Ulrich Miksch, geboren im Jahr 1968, wuchs auf in Suhl, wo sein Vater bei dem Mopedhersteller Simson arbeitete. Reisen ins Erzgebirge waren von dort nicht eben ein Katzensprung. In einem Urlaub machte sich die Familie auf den Weg. Nicht weit hinter der Grenze, auf tschechoslowakischer Seite, besuchten sie ein Dorf namens Bystřany. Vor einem Haus hielt man an. Hier, sagte der Vater, sei er geboren. Bystřany war, auch wenn jener Name auf keinem Ortsschild mehr stand, das ominöse Wisterschan; der Urlaubsausflug war unversehens zu einer Reise in die Vergangenheit der Familie geworden. Es gibt Fotos von dem Aufenthalt; an ihn erinnern kann sich Ulrich Miksch aber dennoch kaum. Im Gedächtnis blieb anderes - vor allem die Knödel in einer Gaststätte in Teplice.

Die Geschichte seines Vaters und seines 1967 verstorbenen Großvaters, der Bauer in Wisterschan war und mit einem Pferdefuhrwerk etwas Geld hinzu verdient hatte, war nicht seine Geschichte - noch nicht. Miksch begann in Berlin zu studieren, just im Herbst 1989. Er hatte sich erst für Meteorologie eingeschrieben, wechselte dann zur Philosophie; er engagierte sich im Studentenrat und schrieb für die »Unaufgefordert«, eine neue Studentenzeitung an der Humboldt-Universität. Daraus wurde ein Beruf: Seit Abschluss seines Studiums 1997 ist Miksch Journalist; er arbeitete zum Beispiel für die »Neue Zürcher Zeitung« und macht Radio.

Er gehört aber auch der Redaktion der »Brücke« an, dem Mitteilungsblatt der Seliger-Gemeinde. Diese wurde 1951 in Brannenburg in Bayern von Sozialdemokraten gegründet, die das Sudetenland hatten verlassen müssen; sie ist benannt nach Josef Seliger, dem ersten Vorsitzenden der Deutschen Sozialdemokratischen Arbeiter-Partei (DSAP), die 1919 in Teplice gegründet wurde und zunächst stärkste politische Kraft bei der deutschen Minderheit in der neu gegründeten ersten tschechische Republik war. Miksch, der in Thüringen aufwuchs und nicht in Nordböhmen, ist heute Landeschef der Seliger-Gemeinde in der Region Nordwest. Die Geschichte der Familie hat ihn eingeholt. Es ist die seine geworden.
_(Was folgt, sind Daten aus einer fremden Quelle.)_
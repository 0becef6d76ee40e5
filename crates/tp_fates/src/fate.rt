ghost use Rattle.std.specs.Prelude.{◌≡◌, ◌∷◌, List, Some, IfOk, OnOk};
ghost use Rattle.tp_fates.specs.Fates.{AreFates, Names, TellsNext, fate_of, is_lost, named_in, repeated};
ghost use Rattle.tp_fates.specs.declared.fate.Fate.{Fate};
ghost use Rattle.tp_rules.specs.Plan.{fate_by};
ghost use Rattle.tp_script.specs.declared.script.PlanLine.{PlanLine as LineValue};

use crate::route::{Route, Routes};
use indexmap::IndexMap;
use std::alloc::Global;
use tp_base::{ActorName, NoMemory};
use tp_script::PlanLine;

/// What becomes of an output: it is lost, or delivered so often.
#[derive(Clone, Copy, Debug, PartialEq, Eq)]
pub enum Fate {
    Lost,
    Times(u8),
}

/// An output by its number among all outputs between two actors, from 1.
#[derive(Clone, Copy, Debug, PartialEq, Eq, Hash)]
struct Passage {
    route: Route,
    ordinal: u128,
}

impl Passage {
    fn new(from: ActorName, to: ActorName, ordinal: u32) -> Passage
        ensures { result ≡ record { route = record { from = from; to = to }; ordinal = ordinal } }
    {
        Passage {
            route: Route { from, to },
            ordinal: ordinal as u128,
        }
    }
}

/// The fates that a plan gives: of the outputs that it names, and of all others.
#[derive(Debug, Drop)]
pub struct Fates {
    named: IndexMap<Passage, Fate>,
    others: u8,
}

impl Fates {
    /// The fates of a plan.
    pub fn new(alloc: Global, plan: &[PlanLine]) -> Result<Fates, NoMemory>
        ensures { IfOk result (AreFates plan.now) }
    {
        let mut fates = Fates {
            named: IndexMap::new(alloc),
            others: 1,
        };
        for k in 0..plan.len() {
            fates.add(&plan[plan.len() - 1 - k])?;
        }
        Ok(fates)
    }

    /// The fate of the next output between two actors. It is counted there only if the plan names an output at all.
    pub fn of_next(&self, routes: &mut Routes, route: Route) -> Result<Fate, NoMemory>
        ensures { IfOk result (TellsNext self.now routes.old routes.new route) }
    {
        if self.named.is_empty() {
            return Ok(Fate::Times(self.others));
        }
        let ordinal = routes.count(route)?;
        Ok(self.of(Passage { route, ordinal }))
    }

    /// The fate of an output.
    fn of(&self, passage: Passage) -> Fate
        ensures { (plan : List LineValue) → AreFates plan self.now
            → fate_of result ≡ fate_by plan passage.route.from passage.route.to passage.ordinal }
    {
        match self.named.get(&passage) {
            Some(fate) => *fate,
            None => Fate::Times(self.others),
        }
    }

    fn is_lost(&self, passage: Passage) -> bool
        ensures { result ≡ is_lost (named_in self.now passage) }
    {
        match self.named.get(&passage) {
            Some(Fate::Lost) => true,
            Some(Fate::Times(_)) | None => false,
        }
    }

    // Adds a line in front of those that were added.
    fn add(&mut self, line: &PlanLine) -> Result<(), NoMemory>
        ensures { OnOk result ((plan : List LineValue) → AreFates plan self.old → AreFates (line.now ∷ plan) self.new) }
    {
        match *line {
            PlanLine::Crash { .. } | PlanLine::Recover { .. } => Ok(()),
            PlanLine::Lose { from, to, ordinal } => self.lose(Passage::new(from, to, ordinal)),
            PlanLine::Repeat {
                from,
                to,
                ordinal,
                times,
            } => self.repeat(Passage::new(from, to, ordinal), times),
            PlanLine::RepeatAll { times } => {
                self.others = times;
                Ok(())
            }
        }
    }

    fn lose(&mut self, passage: Passage) -> Result<(), NoMemory>
        ensures { OnOk result (Names self.old self.new passage (Some Fate.Lost)) }
    {
        self.named.insert(passage, Fate::Lost)?;
        Ok(())
    }

    // An output that is lost isn't repeated.
    fn repeat(&mut self, passage: Passage, times: u8) -> Result<(), NoMemory>
        ensures { OnOk result (Names self.old self.new passage (repeated times (named_in self.old passage))) }
    {
        if self.is_lost(passage) {
            return Ok(());
        }
        self.named.insert(passage, Fate::Times(times))?;
        Ok(())
    }
}
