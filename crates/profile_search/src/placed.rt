// Where profiles are kept, with what is so of such a place in any area.

ghost use Rattle.std.specs.Prelude.{◌≤◌, ◌<◌};

// Where profiles are kept: from byte base on, at most capacity of them, over n operands of next.
#[derive(Clone, Copy)]
pub struct Store {
    pub base: usize,
    pub capacity: usize,
    pub n: usize,
    ghost next: { n ≤ 12 },
    ghost low: { base ≤ 8192 },
    ghost some: { 0 < capacity },
    ghost few: { capacity ≤ 4096 },
}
Das Leben musste dazu seltsame Wege gehen. Nach der Öffnung der Grenzen nahm er Kontakt zu einem Bruder seines Vaters auf, der - anders als dieser - zum Ende des Zweiten Weltkriegs noch Soldat hatte werden müssen, in französische Gefangenschaft geraten war und eine Französin geheiratet hatte. Zugleich pflegte der Onkel aber auch noch Kontakte zu früheren Schulgefährten, die gelegentlich gemeinsam nach Bystřany fuhren. Miksch begleitete den »französischen« Onkel bei Reisen nach Böhmen: »Indem ich nach Westen schaute, eröffnete sich mir der Osten.« Dort entdeckte er eine neue Facette seiner Biografie: Miksch begriff sich als, wie es der Titel eines 2014 erschienenen Buches von Ralf Pasch formuliert, »Enkel der Vertreibung«.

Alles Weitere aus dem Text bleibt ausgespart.